WHAT YOU NEED TO DO
Filter the data below, keeping only lines that contain "many".

Saved entries

+ + + + + + +

//! The rules of expressions, of calls and of their actuals.

ghost use Rattle.std.specs.Prelude.{◌≡◌, ◌&&◌, is_some, length, option_copied, slice_get};
ghost use Rattle.algol_tree.specs.Accepted.{noted_all};
ghost use Rattle.algol_tree.specs.Image.{expr, exprs, variable};
ghost use Rattle.algol_tree.specs.Plain as tree;
ghost use Rattle.algol_tree.specs.Sites as sites;
ghost use Rattle.algol_tree.specs.Surroundings as around;
ghost use Rattle.algol_tree.specs.Surroundings.{Surroundings};
ghost use Rattle.algol_told.specs.Telling.{ScopesTell};
ghost use Rattle.algol_sites.specs.declared.wanted.Wanted.TheVariants as wants;
ghost use Rattle.algol_sites.specs.Seen.{class_seen, others_taken, value_of};
ghost use Rattle.algol_sites.specs.Seeing.{TellsEach, TellsIn};
ghost use Rattle.algol_sites.specs.Noting.{noted_in};
ghost use Rattle.algol_sites.specs.Wanting.{is_met};
ghost use Rattle.algol_sites.specs.Expressing as rules;
ghost use Rattle.algol_sites.specs.Expressing.{is_alone, miscounted_actuals, miscounted_subscripts, misplaced, misplaced_if, noted_actual, noted_call, noted_element, noted_here, noted_name, reference_of};

use crate::told::{parameters_as, parameters_at, sort_at};
use crate::types::{taken_by, type_of, want, want_if, want_numbers};
use crate::wanted::{Wanted, is_unfit, note_if, want_event, want_events, want_name};
use algol_frames::Scopes;
use algol_rules::{Faults, boxed_expr, exprs_in, first_spot};
use algol_sorts::Sort;
use algol_tree::{Call, Code, Expr, Kind, Named, Variable};

// ---- counts

/// Whether it is an array with another number of subscripts.
fn has_others(sort: Sort, count: usize) -> bool
    ensures { result ≡ rules.has_others (class_seen sort) count }
{
    match sort {
        Sort::Array(_, subscripts) => subscripts != count,
        Sort::FormalArray(_, subscripts) => subscripts != count,
        _ => false,
    }
}

/// Notes where an array has another number of subscripts.
pub fn count_subscripts(scopes: &Scopes, name: &Named, count: usize, faults: &mut Faults)
    ensures { (a : Surroundings) → ScopesTell scopes.now a name.now → faults.new.first ≡ noted_all faults.old.first (miscounted_subscripts name.now count a) }
{
    note_if(
        has_others(sort_at(scopes, name), count),
        name.spot,
        Code::WrongCount,
        faults,
    );
}

/// Whether it is a procedure, with so many parameters, that takes another number of actuals.
fn takes_others(sort: Sort, parameters: usize, count: usize) -> bool
    ensures { result ≡ others_taken sort parameters count }
{
    match sort {
        Sort::Procedure(_) => parameters != count,
        _ => false,
    }
}

/// Notes where a procedure takes another number of actuals.
pub fn count_actuals(scopes: &Scopes, name: &Named, count: usize, faults: &mut Faults)
    ensures { (a : Surroundings) → ScopesTell scopes.now a name.now → faults.new.first ≡ noted_all faults.old.first (miscounted_actuals name.now count a) }
{
    let parameters = parameters_at(scopes, name).len();
    note_if(
        takes_others(sort_at(scopes, name), parameters, count),
        name.spot,
        Code::WrongCount,
        faults,
    );
}

// ---- names

/// Whether it is a typed procedure, with so many parameters, that takes actuals.
fn takes_some(sort: Sort, parameters: usize) -> bool
    ensures { result ≡ (is_met wants.Function (class_seen sort) && others_taken sort parameters 0) }
{
    match sort {
        Sort::Procedure(Some(_)) => parameters != 0,
        _ => false,
    }
}

/// A name by itself that is read: the name of a typed procedure is a call without actuals.
fn read_name(scopes: &Scopes, name: &Named, faults: &mut Faults)
    ensures { (a : Surroundings) → ScopesTell scopes.now a name.now → faults.new.first ≡ noted_name faults.old.first name.now a }
{
    let sort = sort_at(scopes, name);
    note_if(
        is_unfit(Wanted::Read, sort),
        name.spot,
        Code::WrongType,
        faults,
    );
    let parameters = parameters_as(scopes, sort, name).len();
    note_if(
        takes_some(sort, parameters),
        name.spot,
        Code::WrongCount,
        faults,
    );
}

/// An array's name with its subscripts, without what is in these.
pub fn element(scopes: &Scopes, name: &Named, subs: &[Expr], faults: &mut Faults)
    ensures { (a : Surroundings) → ScopesTell scopes.now a name.now → TellsEach scopes.now a (exprs subs.now) → faults.new.first ≡ noted_element faults.old.first name.now (exprs subs.now) (length subs.now) a }
{
    want_name(scopes, name, Wanted::Array, Code::WrongType, faults);
    want_numbers(scopes, subs, faults);
    count_subscripts(scopes, name, subs.len(), faults);
}

/// A variable that is read, without what is in its subscripts.
fn read_variable(scopes: &Scopes, v: &Variable, faults: &mut Faults)
    ensures { (a : Surroundings) → ScopesTell scopes.now a v.now.name → TellsEach scopes.now a (exprs v.now.subs) → faults.new.first ≡ noted_here faults.old.first (tree.variable (variable v.now)) a }
{
    let subs = exprs_in(&v.subs);
    match subs.split_first() {
        None => read_name(scopes, &v.name, faults),
        Some(_) => element(scopes, &v.name, subs, faults),
    }
}

// ---- actuals

/// The name, where the expression is a name by itself.
fn name_alone(e: &Expr) -> Option<&Named>
    ensures { option_copied result ≡ tree.name_alone (expr e.now) }
{
    match e {
        Expr::Variable(v) => match exprs_in(&v.subs).split_first() {
            None => Some(&v.name),
            Some(_) => None,
        },
        _ => None,
    }
}

/// An array or an event that is wanted of an actual: its name by itself.
fn want_reference(scopes: &Scopes, e: &Expr, wanted: Wanted, faults: &mut Faults)
    ensures { (a : Surroundings) → TellsIn scopes.now a (expr e.now) → faults.new.first ≡ noted_all faults.old.first (misplaced wanted (expr e.now) a) }
{
    match name_alone(e) {
        None => faults.note(first_spot(e), Code::WrongType),
        Some(name) => want_name(scopes, name, wanted, Code::WrongType, faults),
    }
}

/// The same where nothing may be wanted.
fn want_reference_if(scopes: &Scopes, e: &Expr, wanted: Option<Wanted>, faults: &mut Faults)
    ensures { (a : Surroundings) → TellsIn scopes.now a (expr e.now) → faults.new.first ≡ noted_all faults.old.first (misplaced_if wanted (expr e.now) a) }
{
    match wanted {
        None => {}
        Some(wanted) => want_reference(scopes, e, wanted, faults),
    }
}

/// The type of the value that is wanted of an actual for such a parameter.
fn value_wanted(formal: Option<Sort>) -> Option<Kind>
    ensures { result ≡ value_of formal }
{
    match formal {
        Some(Sort::Variable(kind)) => Some(kind),
        Some(Sort::ByName(kind)) => Some(kind),
        _ => None,
    }
}

/// What is wanted of the name that has to be the actual for such a parameter.
fn reference_wanted(formal: Option<Sort>) -> Option<Wanted>
    ensures { result ≡ reference_of formal }
{
    match formal {
        Some(Sort::Array(kind, subscripts)) => Some(Wanted::SuchArray(kind, subscripts)),
        Some(Sort::FormalArray(kind, subscripts)) => Some(Wanted::SuchArray(kind, subscripts)),
        Some(Sort::Event) => Some(Wanted::Event),
        Some(Sort::FormalEvent) => Some(Wanted::Event),
        _ => None,
    }
}

/// What a parameter wants of its actual.
fn want_actual(scopes: &Scopes, e: &Expr, formal: Option<Sort>, faults: &mut Faults)
    ensures { (a : Surroundings) → TellsIn scopes.now a (expr e.now) → faults.new.first ≡ noted_actual faults.old.first (expr e.now) formal a }
{
    want_if(scopes, value_wanted(formal), e, faults);
    want_reference_if(scopes, e, reference_wanted(formal), faults);
}

/// Whether the actual is a name by itself that no value is wanted of.
fn is_name_alone(e: &Expr, formal: Option<Sort>) -> bool
    ensures { result ≡ is_alone (expr e.now) formal }
{
    name_alone(e).is_some() && value_wanted(formal).is_none()
}

/// What stands in the subscripts of a variable.
#[cycle(expressions)]
pub fn subscripts(scopes: &Scopes, v: &Variable, faults: &mut Faults)
    ensures { (a : Surroundings) → TellsEach scopes.now a (exprs v.now.subs) → faults.new.first ≡ noted_in faults.old.first (sites.inside_list (exprs v.now.subs) a) }
{
    let subs = exprs_in(&v.subs);
    'subscripts: for e in subs {
        expression(scopes, e, faults);
    }
}

/// The parameter for the actual with that number.
fn formal_at(formals: &[Sort], at: usize) -> Option<Sort>
    ensures { result ≡ slice_get formals.now at }
{
    formals.get(at).copied()
}

/// The actuals of a call.
#[cycle(expressions)]
pub fn actuals(scopes: &Scopes, c: &Call, faults: &mut Faults)
    ensures { (a : Surroundings) → ScopesTell scopes.now a c.now.name → TellsEach scopes.now a (exprs c.now.actuals) → faults.new.first ≡ noted_in faults.old.first (sites.inside_actuals (exprs c.now.actuals) (around.formals_at a c.now.name) a) }
{
    let formals = parameters_at(scopes, &c.name);
    let given = exprs_in(&c.actuals);
    'actuals: for (at, e) in given.iter().enumerate() {
        let formal = formal_at(formals, at);
        want_actual(scopes, e, formal, faults);
        if !is_name_alone(e, formal) {
            expression(scopes, e, faults);
        }
    }
}

/// A call of what is wanted, without what is in its actuals.
pub fn called(scopes: &Scopes, c: &Call, wanted: Wanted, faults: &mut Faults)
    ensures { (a : Surroundings) → ScopesTell scopes.now a c.now.name → faults.new.first ≡ noted_call faults.old.first wanted c.now.name (length c.now.actuals) a }
{
    want_name(scopes, &c.name, wanted, Code::WrongType, faults);
    count_actuals(scopes, &c.name, exprs_in(&c.actuals).len(), faults);
}

/// Expressions in a list.
pub fn expressions(scopes: &Scopes, es: &[Expr], faults: &mut Faults)
    ensures { (a : Surroundings) → TellsEach scopes.now a (exprs es.now) → faults.new.first ≡ noted_in faults.old.first (sites.inside_list (exprs es.now) a) }
{
    'expressions: for e in es {
        expression(scopes, e, faults);
    }
}

/// An expression. Its last part, the left operand of two, is gone over in its place, so that the length of a sum needs no room on
/// the stack: which fault is the first does not depend on which part is gone over first.
#[cycle(expressions)]
pub fn expression(scopes: &Scopes, e: &Expr, faults: &mut Faults)
    ensures { (a : Surroundings) → TellsIn scopes.now a (expr e.now) → faults.new.first ≡ noted_in faults.old.first (sites.sites (expr e.now) a) }
{
    let mut at = e;
    'parts: loop {
        match at {
            Expr::Number(_, _) => return,
            Expr::Truth(_, _) => return,
            Expr::Variable(v) => {
                read_variable(scopes, v, faults);
                return subscripts(scopes, v, faults);
            }
            Expr::Call(c) => {
                called(scopes, c, Wanted::Function, faults);
                return actuals(scopes, c, faults);
            }
            Expr::Happened(event, _) => return want_event(scopes, event, faults),
            Expr::Available(event, _) => return want_event(scopes, event, faults),
            Expr::Fix(event, _) => return want_event(scopes, event, faults),
            Expr::WaitAny(events, spot) => return want_events(
                scopes,
                events.items(),
                *spot,
                faults,
            ),
            Expr::Paren(e, _) => at = boxed_expr(e),
            Expr::Plus(e, _) => {
                let operand = boxed_expr(e);
                want(scopes, Kind::Number, operand, faults);
                at = operand;
            }
            Expr::Neg(e, _) => {
                let operand = boxed_expr(e);
                want(scopes, Kind::Number, operand, faults);
                at = operand;
            }
            Expr::Not(e, _) => {
                let operand = boxed_expr(e);
                want(scopes, Kind::Truth, operand, faults);
                at = operand;
            }
            Expr::Two(op, x, y) => {
                let left = boxed_expr(x);
                let right = boxed_expr(y);
                want(scopes, taken_by(*op), left, faults);
                want(scopes, taken_by(*op), right, faults);
                expression(scopes, right, faults);
                at = left;
            }
            Expr::If(c, x, y, _) => {
                let condition = boxed_expr(c);
                let yes = boxed_expr(x);
                let otherwise = boxed_expr(y);
                want(scopes, Kind::Truth, condition, faults);
                want_if(scopes, type_of(scopes, yes), otherwise, faults);
                expression(scopes, condition, faults);
                expression(scopes, yes, faults);
                at = otherwise;
            }
        }
    }
}
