//! Headings that are the same but for their places.

ghost use Rattle.std.specs.Prelude.{◌≡◌};
ghost use Rattle.algol_tree.specs.Classes.{same_result};
ghost use Rattle.algol_tree.specs.Forwards as rules;
ghost use Rattle.algol_tree.specs.Sorts.{same_name};
ghost use Rattle.algol_sites.specs.Same.{lows_agree, names_agree, specs_agree, spec_agrees};

use algol_tree::{Heading, Kind, Named, Spec};

#[tactic(auto, using(crate::proofs::Sameness::sameness))]
fn same_name(n: &Named, m: &Named) -> bool
    ensures { result ≡ same_name n.now.name m.now.name }
{
    n.name.bytes() == m.name.bytes()
}

#[tactic(auto, using(crate::proofs::Sameness::sameness))]
fn same_names(ns: &[Named], ms: &[Named]) -> bool
    ensures { result ≡ names_agree ns.now ms.now }
{
    if ns.len() != ms.len() {
        return false;
    }
    'names: for (at, n) in ns.iter().enumerate() {
        if !same_name(n, &ms[at]) {
            return false;
        }
    }
    true
}

#[tactic(auto, using(crate::proofs::Sameness::sameness))]
fn same_lows(lows: &[i64], others: &[i64]) -> bool
    ensures { result ≡ lows_agree lows.now others.now }
{
    lows == others
}

fn same_spec(spec: &Spec, other: &Spec) -> bool
    ensures { result ≡ spec_agrees spec.now other.now }
{
    match (spec, other) {
        (Spec::Simple(kind, ns), Spec::Simple(other, ms)) => {
            kind == other && same_names(ns.items(), ms.items())
        }
        (Spec::Events(ns), Spec::Events(ms)) => same_names(ns.items(), ms.items()),
        (Spec::Arrays(kind, ns, lows), Spec::Arrays(other, ms, others)) => {
            kind == other
                && same_names(ns.items(), ms.items())
                && same_lows(lows.items(), others.items())
        }
        _ => false,
    }
}

#[tactic(auto, using(crate::proofs::Sameness::sameness))]
fn same_specs(specs: &[Spec], others: &[Spec]) -> bool
    ensures { result ≡ specs_agree specs.now others.now }
{
    if specs.len() != others.len() {
        return false;
    }
    'specs: for (at, spec) in specs.iter().enumerate() {
        if !same_spec(spec, &others[at]) {
            return false;
        }
    }
    true
}

/// Whether the types of two procedures' results are the same.
fn same_result(kind: Option<Kind>, other: Option<Kind>) -> bool
    ensures { result ≡ same_result kind other }
{
    match (kind, other) {
        (None, None) => true,
        (Some(kind), Some(other)) => kind == other,
        _ => false,
    }
}

/// Whether two headings are the same but for their places.
pub fn same_heading(heading: &Heading, other: &Heading) -> bool
    ensures { result ≡ rules.same_heading heading.now other.now }
{
    if !same_result(heading.kind, other.kind) {
        return false;
    }
    if !same_name(&heading.name, &other.name) {
        return false;
    }
    if !same_names(heading.params.items(), other.params.items()) {
        return false;
    }
    if !same_names(heading.values.items(), other.values.items()) {
        return false;
    }
    same_specs(heading.specs.items(), other.specs.items())
}
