//! The rule of labels: a declared label stands exactly once, before a statement of the list of its own block.

ghost use Rattle.std.specs.Prelude.{◌≡◌, ◌&&◌, OnOk, IfOk, if◌then◌else◌, List, [], not};
ghost use Rattle.algol_tree.specs.declared.token.Spot.{Spot};
ghost use Rattle.algol_tree.specs.Accepted.{noted_all};
ghost use Rattle.algol_tree.specs.Blocks.{Block, same_spot};
ghost use Rattle.algol_tree.specs.Plain.{PStmt};
ghost use Rattle.algol_tree.specs.Surroundings.{Surroundings};
ghost use Rattle.algol_sites.specs.Labelling.{away, bad_at, bad_in, label_site, places_in, standings_at, standings_of, those_of};
ghost use Rattle.algol_frames.specs.Answers.{block_number_of};
ghost use Rattle.algol_told.specs.Telling.{ScopesTell};
ghost use Rattle.algol_sites.specs.Placing.{SiteIsPlaced, BlockNumbers, is_number};

use crate::place::Place;
use crate::wanted::note_if;
use algol_frames::Scopes;
use algol_rules::Faults;
use algol_tree::{Code, Named, Spot};
use std::alloc::{AllocError, Global};
use std::collections::BTreeMap;

/// A label before a statement: where it is declared, where it stands, and whether that is in the list of its own block.
#[derive(Clone, Copy)]
pub struct Standing {
    pub declared: Spot,
    pub spot: Spot,
    pub at_home: bool,
}

/// Whether it is the number of that block.
fn is_number(number: Option<usize>, block: usize) -> bool
    ensures { result ≡ is_number number block }
{
    match number {
        None => false,
        Some(number) => number == block,
    }
}

/// Whether a label in that place, which the block with this number declares, is in the list of statements of that block.
fn is_home(listed: bool, scopes: &Scopes, place: &Place, block: usize) -> bool
    ensures { result ≡ (listed && is_number (block_number_of scopes.now place.now.block) block) }
{
    listed && is_number(scopes.number(place.block), block)
}

/// A label before a statement, which is in the list of statements of its block or is not; none where its name is not declared.
pub fn standing_at(scopes: &Scopes, place: &Place, name: &Named, listed: bool) -> Option<Standing>
    ensures { (blocks : List Block) (a : Surroundings) (s : PStmt) → ScopesTell scopes.now a name.now → BlockNumbers scopes.now blocks → SiteIsPlaced blocks place.now a → standings_of result ≡ standings_at (label_site name.now s listed a) }
{
    match scopes.declaration(name.spot) {
        None => None,
        Some(declared) => Some(Standing {
            declared: declared.spot,
            spot: name.spot,
            at_home: is_home(listed, scopes, place, declared.block),
        }),
    }
}

/// Notes where a label stands away from the list of its block.
fn check_home(standings: &[Standing], faults: &mut Faults)
    ensures { faults.new.first ≡ noted_all faults.old.first (away standings.now) }
{
    'standings: for standing in standings {
        note_if(!standing.at_home, standing.spot, Code::BadLabel, faults);
    }
}

/// Notes where a label is bad that stands at these places.
fn check_standings(declared: Spot, standings: &[Standing], faults: &mut Faults)
    ensures { faults.new.first ≡ noted_all faults.old.first (bad_at declared standings.now) }
{
    match standings.split_first() {
        None => faults.note(declared, Code::BadLabel),
        Some((_, again)) => {
            check_home(standings, faults);
            'again: for standing in again {
                faults.note(standing.spot, Code::BadLabel);
            }
        }
    }
}

/// The places of a label, which are taken out of the table.
fn taken(alloc: Global, table: &mut BTreeMap<Spot, Vec<Standing>>, declared: Spot) -> Vec<Standing>
    ensures places { result.items ≡ places_in table.old declared }
    ensures others { (spot : Spot) → places_in table.new spot ≡ (if same_spot declared spot then [] else places_in table.old spot) }
{
    match table.remove(&declared) {
        None => Vec::new(alloc),
        Some(places) => places,
    }
}

/// The places of a label are put into the table.
fn put(
    table: &mut BTreeMap<Spot, Vec<Standing>>,
    declared: Spot,
    places: Vec<Standing>,
) -> Result<(), AllocError>
    ensures { OnOk result ((spot : Spot) → places_in table.new spot ≡ (if same_spot declared spot then places.items else places_in table.old spot)) }
{
    table.insert(declared, places)?;
    Ok(())
}

/// The standings of each label, by the place of its declaration.
fn gather(
    alloc: Global,
    standings: &[Standing],
) -> Result<BTreeMap<Spot, Vec<Standing>>, AllocError>
    ensures { IfOk result (λ table. (spot : Spot) → places_in table spot ≡ those_of standings.now spot) }
{
    let mut found: BTreeMap<Spot, Vec<Standing>> = BTreeMap::new(alloc);
    'standings: for standing in standings {
        let mut places = taken(alloc, &mut found, standing.declared);
        places.push(*standing)?;
        put(&mut found, standing.declared, places)?;
    }
    Ok(found)
}

/// Notes where the label is bad that is declared there.
fn check_label(table: &BTreeMap<Spot, Vec<Standing>>, declared: Spot, faults: &mut Faults)
    ensures { faults.new.first ≡ noted_all faults.old.first (bad_at declared (places_in table.now declared)) }
{
    match table.get(&declared) {
        None => faults.note(declared, Code::BadLabel),
        Some(places) => check_standings(declared, places.as_slice(), faults),
    }
}

/// Notes which of the declared labels are bad.
pub fn check_labels(
    alloc: Global,
    labels: &[Spot],
    standings: &[Standing],
    faults: &mut Faults,
) -> Result<(), AllocError>
    ensures { OnOk result (faults.new.first ≡ noted_all faults.old.first (bad_in standings.now labels.now)) }
{
    let table = gather(alloc, standings)?;
    'labels: for declared in labels {
        check_label(&table, *declared, faults);
    }
    Ok(())
}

+ + + + + + +

ANSWER BOX
/// Whether it is a procedure, with so many parameters, that takes another number of actuals.
/// Whether it is a typed procedure, with so many parameters, that takes actuals.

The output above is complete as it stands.